** Opening Recorded information block **

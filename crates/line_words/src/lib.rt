// The words of a line, by their places in it.
#![tactic(auto)]

ghost use Rattle.std.specs.Prelude.{◌≡◌, ◌≤◌, length};
ghost use Rattle.lines.specs.Lines.{stretch};
ghost use Rattle.line_words.specs.Words.{is_blank, not_blank, ends_word, word_from};

// From where up to where a word stands; both are the line's length where there is none.
#[derive(Clone, Copy)]
pub struct Word {
    pub start: usize,
    pub end: usize,
}

#[tactic(auto, unfolding(crate::specs::Words::is_blank))]
fn is_blank(c: u8) -> bool
    ensures { result ≡ is_blank c }
{
    (c == b' ') | (c == b'\t')
}

#[tactic(auto, unfolding(crate::specs::Words::ends_word, crate::specs::Words::is_comment))]
fn ends_word(c: u8) -> bool
    ensures { result ≡ ends_word c }
{
    is_blank(c) | (c == b';')
}

// How many blanks stand first.
fn blanks(s: &[u8]) -> usize
    ensures { (result ≡ stretch not_blank s.now) × (result ≤ length s.now) }
{
    s.iter().position(|c| !is_blank(*c)).unwrap_or(s.len())
}

// How many bytes of a word stand first.
fn word_length(s: &[u8]) -> usize
    ensures { (result ≡ stretch ends_word s.now) × (result ≤ length s.now) }
{
    s.iter().position(|c| ends_word(*c)).unwrap_or(s.len())
}

// The first word from `at` on.
pub fn next_word(line: &[u8], at: usize) -> Word
    requires { at ≤ length line.now }
    ensures { result ≡ word_from line.now at }
{
    // most lines have fewer words than are asked for
    if at == line.len() {
        return Word { start: at, end: at };
    }
    let start = at + blanks(&line[at..]);
    if start < line.len() && line[start] == b';' {
        return Word {
            start: line.len(),
            end: line.len(),
        };
    }
    Word {
        start,
        end: start + word_length(&line[start..]),
    }
}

** Closing Recorded information block **

**Task directions**
Locate the lines above that hold the word "blanks". Show every one of them.

**Answer to this exercise**
// How many blanks stand first.
fn blanks(s: &[u8]) -> usize
    let start = at + blanks(&line[at..]);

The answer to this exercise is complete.